What the task requires:
Going down the listing below, print exactly each line from the one with "2^100, also where" up to and including the one with "pub fn substitution_holds()", and skip the rest.

Dataset excerpts:
▼

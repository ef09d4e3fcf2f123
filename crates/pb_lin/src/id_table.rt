// The places of constraints, by their ids.
ghost use Rattle.std.specs.Prelude.{◌≡◌, ◌≢◌, ℕ, ◌+◌, ◌<◌, ◌^◌, [], Some, None, IsSome, IfSome, OnOk, OnErr, MatchOption, length, slice_index_or};
ghost use Rattle.pb_lin.specs.IdList.{IsListed, IsRising, ListsIds};
ghost use Rattle.pb_lin.specs.IdTable.{place_in};
ghost use Rattle.pb_lin.specs.LineMap.{IsNextAbove, NoneAbove};
ghost use Rattle.pb_lin.specs.Place.{IsPlace};

use scut_base::NoMemory;
use std::alloc::Global;
use std::marker::Model;

// For each id its place, where it has one. Takes 4 bytes for each id up to the largest that was ever
// there. Contracts see the table.
//
// Beside it stands a list of the ids in rising order, for the walk from one to the next. An id that
// lost its place stays in it until more than half did.
#[derive(Debug, Drop)]
pub(crate) struct IdTable {
    // By id one more than its place; 0 where it has none.
    places: Vec<u32>,
    rising: Vec<u32>,
}

impl Model for IdTable {
    ghost use Rattle.std.specs.Prelude.{List, ℕ};
    ghost use Rattle.pb_lin.specs.IdList.{ListsIds};
    ghost use Rattle.pb_lin.specs.IdTable.{place_in};

    ghost Value = { List ℕ };

    ghost view = { λ t. t.places.items };

    ghost invariant = { λ t. ListsIds (place_in t.places.items) t.rising.items };
}

impl IdTable {
    // No id has a place. Takes no memory.
    pub(crate) fn new(alloc: Global) -> IdTable
        ensures { result ≡ [] }
    {
        IdTable {
            places: Vec::new(alloc),
            rising: Vec::new(alloc),
        }
    }

    // The place of an id, in constant time.
    pub(crate) fn place(&self, id: u64) -> Option<u32>
        ensures value { result ≡ place_in self.now id }
        ensures small { IfSome result (λ place. place + 1 < 2 ^ 32) }
    {
        place_of(&self.places, id)
    }

    // The least id above `id` that has a place. Takes a binary search, and passes over ids that lost
    // theirs: a walk over all ids passes over no more of these than have one.
    pub(crate) fn next_above(&self, id: u64) -> Option<u64>
        ensures { MatchOption result
            (NoneAbove (place_in self.now) id)
            (IsNextAbove (place_in self.now) id) }
    {
        for at in place_above(&self.rising, id)..self.rising.len() {
            let next = self.rising[at] as u64;
            if self.place(next).is_some() {
                return Some(next);
            }
        }
        None
    }

    // Gives an id a place. Takes room for the ids up to it, and a binary search; the ids above a new
    // one move.
    pub(crate) fn insert(&mut self, id: u32, place: u32) -> Result<(), NoMemory>
        requires { place + 1 < 2 ^ 32 }
        ensures found { OnOk result (place_in self.new id ≡ Some place) }
        ensures others { (q : ℕ) → q ≢ id → place_in self.new q ≡ place_in self.old q }
        ensures err { OnErr result ((q : ℕ) → place_in self.new q ≡ place_in self.old q) }
    {
        // An id more in the list changes nothing where the table gets no room.
        list_id(&mut self.rising, id)?;
        reach(&mut self.places, id as usize)?;
        self.places[id as usize] = place + 1;
        Ok(())
    }

    // Gives an id that has a place another one.
    pub(crate) fn change(&mut self, id: u32, place: u32)
        requires there { IsSome (place_in self.old id) }
        requires small { place + 1 < 2 ^ 32 }
        ensures found { place_in self.new id ≡ Some place }
        ensures others { (q : ℕ) → q ≢ id → place_in self.new q ≡ place_in self.old q }
    {
        self.places[id as usize] = place + 1;
    }

    // Takes an id its place. Takes no memory.
    pub(crate) fn remove(&mut self, id: u64)
        ensures gone { place_in self.new id ≡ None }
        ensures others { (q : ℕ) → q ≢ id → place_in self.new q ≡ place_in self.old q }
    {
        let at = id as usize;
        if at < self.places.len() {
            self.places[at] = 0;
        }
    }

    // Takes the ids without a place out of the list, where these are more than half of it; so many
    // have one.
    pub(crate) fn sweep(&mut self, count: usize)
        ensures { self.new ≡ self.old }
    {
        if count < self.rising.len() / 2 {
            retain_placed(&mut self.rising, &self.places);
        }
    }
}

// The place of an id, in constant time.
fn place_of(places: &[u32], id: u64) -> Option<u32>
    ensures value { result ≡ place_in places.now id }
    ensures small { IfSome result (λ place. place + 1 < 2 ^ 32) }
{
    let at = id as usize;
    if at >= places.len() || places[at] == 0 {
        return None;
    }
    Some(places[at] - 1)
}

// Makes the table reach an id.
fn reach(places: &mut Vec<u32>, at: usize) -> Result<(), NoMemory>
    ensures same { (q : ℕ) → slice_index_or places.new.items q 0 ≡ slice_index_or places.old.items q 0 }
    ensures reached { OnOk result (at < length places.new.items) }
{
    while places.len() <= at {
        places.push(0)?;
    }
    Ok(())
}

// Puts an id in its place among the others, where it isn't there.
fn list_id(ids: &mut Vec<u32>, id: u32) -> Result<(), NoMemory>
    requires { IsRising ids.old.items }
    ensures rising { IsRising ids.new.items }
    ensures listed { OnOk result (IsListed ids.new.items id) }
    ensures kept { (k : ℕ) → IsListed ids.old.items k → IsListed ids.new.items k }
{
    let place = place_from(ids, id);
    if place < ids.len() && ids[place] == id {
        return Ok(());
    }
    ids.insert(place, id)?;
    Ok(())
}

// Keeps the ids that have a place.
fn retain_placed(ids: &mut Vec<u32>, places: &[u32])
    requires { ListsIds (place_in places.now) ids.old.items }
    ensures { ListsIds (place_in places.now) ids.new.items }
{
    ids.retain(|id| place_of(places, *id as u64).is_some());
}

// The first place whose id isn't below the given one, by binary search.
fn place_from(ids: &[u32], id: u32) -> usize
    requires { IsRising ids.now }
    ensures { IsPlace (λ i. i) ids.now id result }
{
    ids.partition_point(|i| *i < id)
}

// The first place whose id is above the given one, by binary search.
fn place_above(ids: &[u32], id: u64) -> usize
    requires { IsRising ids.now }
    ensures { IsPlace (λ i. i) ids.now (id + 1) result }
{
    ids.partition_point(|i| *i as u64 <= id)
}
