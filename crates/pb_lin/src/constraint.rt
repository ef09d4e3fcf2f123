// Constraints in normal form, and how they are stored.
ghost use Rattle.std.specs.Prelude.{◌≡◌, ◌+◌, ◌<◌, ◌≤◌, ◌^◌, ◌↔◌, Some, [], length, map, slice_get, AllPairs, IsTrue, IfOk};
ghost use Rattle.std.specs.List.{slice_index_or};
ghost use Rattle.scut_base.specs.Literal.{Literal};
ghost use Rattle.pb_lin.specs.Constraint.{IsNormal, AreOnes, literals, ones};
ghost use Rattle.pb_lin.specs.Stored.{terms_of};

use crate::parts::{Parts, coefficient};
use scut_base::{Duplicate, Items, Lit, NoMemory};
use std::alloc::Global;
use std::marker::Model;

/// A sum of positive coefficients on literals of distinct variables, in rising order of variables,
/// that is at least its degree. Coefficients and degree sum to at most 2^100.
///
/// Takes 48 bytes, and a clause of one to four literals no more. Else 8 besides for each literal where all coefficients
/// are 1, and 24 with a box where they aren't.
#[derive(Debug, Drop)]
pub struct Constraint {
    pub(crate) parts: Parts,
}

const _: () = prove!(std::mem::size_of::<Constraint>() == 48);

impl Model for Constraint {
    ghost use Rattle.pb_lin.specs.Constraint.{ConstraintValue};
    ghost use Rattle.pb_lin.specs.Stored.{IsStored, terms_of};

    ghost Value = { ConstraintValue };

    ghost view = { λ c. record { terms = terms_of c.parts.lits c.parts.coefs; degree = c.parts.degree } };

    ghost invariant = { λ c. IsStored c.parts.lits c.parts.coefs c.parts.degree };
}

impl Constraint {
    /// The constraint of these terms, which are in normal form. Costs two passes over them.
    pub fn from_terms(
        alloc: Global,
        terms: &[(Lit, u128)],
        degree: u128,
    ) -> Result<Constraint, NoMemory>
        requires { IsNormal terms.now degree }
        ensures { IfOk result (λ c. c ≡ record { terms = terms.now; degree = degree }) }
    {
        let lits = literals_of(alloc, terms)?;
        let coefs = stored_coefficients(alloc, terms)?;
        let parts = Parts::new(alloc, lits, coefs, degree)?;
        Ok(Constraint { parts })
    }

    /// That at least one of these literals, whose variables rise, is true. Takes no memory, and
    /// constant time.
    pub fn clause(lits: Items<Lit>) -> Constraint
        requires { AllPairs (λ l m. l.var < m.var) lits }
        ensures { result ≡ record { terms = ones lits; degree = 1 } }
    {
        let _fits = lits.len();
        Constraint::at_least(lits, 1)
    }

    /// That at least `degree` of these literals, whose variables rise, are true. Takes no memory,
    /// and constant time.
    pub fn at_least(lits: Items<Lit>, degree: u128) -> Constraint
        requires rising { AllPairs (λ l m. l.var < m.var) lits }
        requires small { length lits + degree ≤ 2 ^ 100 }
        ensures { result ≡ record { terms = ones lits; degree = degree } }
    {
        // A literal's variable is at least 1; of those that rise, the first tells it of all.
        let _first = first_variable(lits.as_slice());
        Constraint {
            parts: Parts::ones(lits, degree),
        }
    }

    /// The number of terms.
    pub fn len(&self) -> usize
        ensures value { result ≡ length self.now.terms }
        ensures normal { IsNormal self.now.terms self.now.degree }
    {
        self.parts.literals().len()
    }

    /// The least value of the sum at which the constraint holds.
    pub fn degree(&self) -> u128
        ensures value { result ≡ self.now.degree }
        ensures normal { IsNormal self.now.terms self.now.degree }
    {
        self.parts.degree()
    }

    /// The literals, in rising order of variables.
    pub fn literals(&self) -> &[Lit]
        ensures value { result.now ≡ literals self.now.terms }
        ensures normal { IsNormal self.now.terms self.now.degree }
    {
        self.parts.literals()
    }

    /// The literal at a place, counted from 0, with its coefficient.
    pub fn term(&self, at: usize) -> (Lit, u128)
        requires { at < length self.now.terms }
        ensures { slice_get self.now.terms at ≡ Some result }
    {
        (self.parts.literals()[at], self.parts.coefficient(at))
    }

    /// A copy of the terms, each literal with its coefficient. Takes 32 bytes a term, and one pass.
    pub fn to_terms(&self, alloc: Global) -> Result<Items<(Lit, u128)>, NoMemory>
        ensures value { IfOk result (λ terms. terms ≡ self.now.terms) }
        ensures normal { IsNormal self.now.terms self.now.degree }
    {
        paired(alloc, self.parts.literals(), self.parts.coefficients())
    }

    /// Whether all coefficients are 1. Takes constant time.
    pub fn is_cardinality(&self) -> bool
        ensures { IsTrue result ↔ AreOnes self.now.terms }
    {
        self.parts.is_ones()
    }

    /// Whether all coefficients and the degree are 1, also without terms. Takes constant time.
    pub fn is_clause(&self) -> bool
        ensures { IsTrue result ↔ (AreOnes self.now.terms × (self.now.degree ≡ 1)) }
    {
        self.parts.is_ones() && self.parts.degree() == 1
    }
}

impl Duplicate for Constraint {
    fn copy(&self, alloc: Global) -> Result<Constraint, NoMemory> {
        Ok(Constraint {
            parts: self.parts.copy(alloc)?,
        })
    }
}

// The first literal's variable, and 1 where there is none.
fn first_variable(lits: &[Lit]) -> u64
    ensures { (d : Literal) → 0 < length lits.now → 0 < (slice_index_or lits.now 0 d).var }
{
    if lits.is_empty() {
        return 1;
    }
    lits[0].var()
}

// Each literal with its coefficient. The coefficients are looked up once, and not for each term.
fn paired(alloc: Global, lits: &[Lit], coefs: &[u128]) -> Result<Items<(Lit, u128)>, NoMemory>
    ensures { IfOk result (λ terms. terms ≡ terms_of lits.now coefs.now) }
{
    let mut terms = Items::with_capacity(alloc, lits.len())?;
    for at in 0..lits.len() {
        terms.push((lits[at], coefficient(coefs, at)))?;
    }
    Ok(terms)
}

// The literals of the terms.
fn literals_of(alloc: Global, terms: &[(Lit, u128)]) -> Result<Items<Lit>, NoMemory>
    ensures { IfOk result (λ lits. lits ≡ literals terms.now) }
{
    let mut lits = Items::with_capacity(alloc, terms.len())?;
    for term in terms {
        lits.push(term.0)?;
    }
    Ok(lits)
}

// The coefficients of the terms, or none where all are 1.
fn stored_coefficients(alloc: Global, terms: &[(Lit, u128)]) -> Result<Items<u128>, NoMemory>
    ensures value { IfOk result (λ coefs. terms_of (literals terms.now) coefs ≡ terms.now) }
    ensures short { IfOk result (λ coefs. AreOnes terms.now → coefs ≡ []) }
{
    if are_ones(terms) {
        return Ok(Items::new(alloc));
    }
    let coefs = coefficients_of(alloc, terms)?;
    Ok(coefs)
}

// The coefficients of the terms.
fn coefficients_of(alloc: Global, terms: &[(Lit, u128)]) -> Result<Items<u128>, NoMemory>
    ensures { IfOk result (λ coefs. coefs ≡ map (λ t. t.1) terms.now) }
{
    let mut coefs = Items::with_capacity(alloc, terms.len())?;
    for term in terms {
        coefs.push(term.1)?;
    }
    Ok(coefs)
}

// Whether all coefficients are 1.
fn are_ones(terms: &[(Lit, u128)]) -> bool
    ensures { IsTrue result ↔ AreOnes terms.now }
{
    terms.iter().all(|term| term.1 == 1)
}
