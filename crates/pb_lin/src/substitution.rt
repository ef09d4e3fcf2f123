// Constraints under substitutions.
ghost use Rattle.std.specs.Prelude.{◌≡◌, ℕ, ◌+◌, ◌*◌, ◌<◌, ◌≤◌, ◌^◌, ◌↔◌, Bool, List, All, IfOk, IsErrOf};
ghost use Rattle.scut_base.specs.Assignment.{value_of};
ghost use Rattle.pb_lin.specs.Constraint.{ConstraintValue, IsNormal, IsVariable, Holds, UpTo, size, total, value};
ghost use Rattle.pb_lin.specs.Substitution.{Images, ImageUpTo, IsUnder, value_under, variable_under};

use crate::normal::{LARGEST, normal_form_of_positive};
use crate::{Constraint, Image, LinFault, Witness};
use scut_base::{Lit, NoMemory};
use std::alloc::Global;

impl Constraint {
    /// The normal form of the constraint with each variable replaced by what stands for it. Takes
    /// the time of a sort of the terms and of a search in the images for each.
    /// `Overflow` where twice the sum of the coefficients and the degree is above 2^100, also where
    /// nothing is replaced; `NoMemory` where memory is refused.
    pub fn under(&self, alloc: Global, w: &Witness) -> Result<Constraint, LinFault>
        ensures under { IfOk result (λ c. IsUnder c w.now self.now) }
        ensures overflow { IsErrOf result LinFault.Overflow ↔ (2 ^ 100 < 2 * size self.now) }
    {
        if self.size() > LARGEST {
            return Err(LinFault::Overflow);
        }
        let terms = self.to_terms(alloc)?;
        let (terms, met) = replaced(alloc, terms.as_slice(), w)?;
        let least = self.degree() as i128 - met as i128;
        let constraint = normal_form_of_positive(alloc, terms, least)?;
        Ok(constraint)
    }
}

/// Law: the constraint under a substitution holds exactly where the constraint does under the
/// substituted assignment, which gives each of its variables the truth of what stands for it.
pub fn substitution_holds()
    ensures { (result c : ConstraintValue) (images : Images) → IsUnder result images c
        → (a b : List Bool)
        → All (λ t. value_of b t.0.var ≡ variable_under images a t.0.var) c.terms
        → (Holds a result ↔ Holds b c) }
{}

/// Law: a constraint under a substitution has no variable that the constraint and the literals that
/// stand for its variables lack.
pub fn substitution_variables()
    ensures { (result c : ConstraintValue) (images : Images) (n : ℕ)
        → IsNormal result.terms result.degree → IsUnder result images c
        → All (λ t. IsVariable n t.0.var) c.terms → All (λ i. ImageUpTo n i.1) images
        → UpTo n result }
{}

// The terms with their literals replaced, and the sum of the coefficients of those that are true.
fn replaced(
    alloc: Global,
    terms: &[(Lit, u128)],
    w: &Witness,
) -> Result<(Vec<(Lit, u128)>, u128), NoMemory>
    requires positive { All (λ t. 0 < t.1) terms.now }
    requires small { total terms.now ≤ 2 ^ 100 }
    ensures value { IfOk result
        (λ r. (a : List Bool) → value a r.0.items + r.1 ≡ value_under w.now a terms.now) }
    ensures total { IfOk result (λ r. total r.0.items + r.1 ≤ total terms.now) }
    ensures positive { IfOk result (λ r. All (λ t. 0 < t.1) r.0.items) }
{
    let mut replaced = Vec::new(alloc);
    let mut met: u128 = 0;
    for term in terms {
        match w.image_of(term.0) {
            Image::Zero => {}
            Image::One => met += term.1,
            Image::Lit(literal) => replaced.push((literal, term.1))?,
        }
    }
    Ok((replaced, met))
}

▲

Result of the exercise:
    /// `Overflow` where twice the sum of the coefficients and the degree is above 2^100, also where
    /// nothing is replaced; `NoMemory` where memory is refused.
    pub fn under(&self, alloc: Global, w: &Witness) -> Result<Constraint, LinFault>
        ensures under { IfOk result (λ c. IsUnder c w.now self.now) }
        ensures overflow { IsErrOf result LinFault.Overflow ↔ (2 ^ 100 < 2 * size self.now) }
    {
        if self.size() > LARGEST {
            return Err(LinFault::Overflow);
        }
        let terms = self.to_terms(alloc)?;
        let (terms, met) = replaced(alloc, terms.as_slice(), w)?;
        let least = self.degree() as i128 - met as i128;
        let constraint = normal_form_of_positive(alloc, terms, least)?;
        Ok(constraint)
    }
}

/// Law: the constraint under a substitution holds exactly where the constraint does under the
/// substituted assignment, which gives each of its variables the truth of what stands for it.
pub fn substitution_holds()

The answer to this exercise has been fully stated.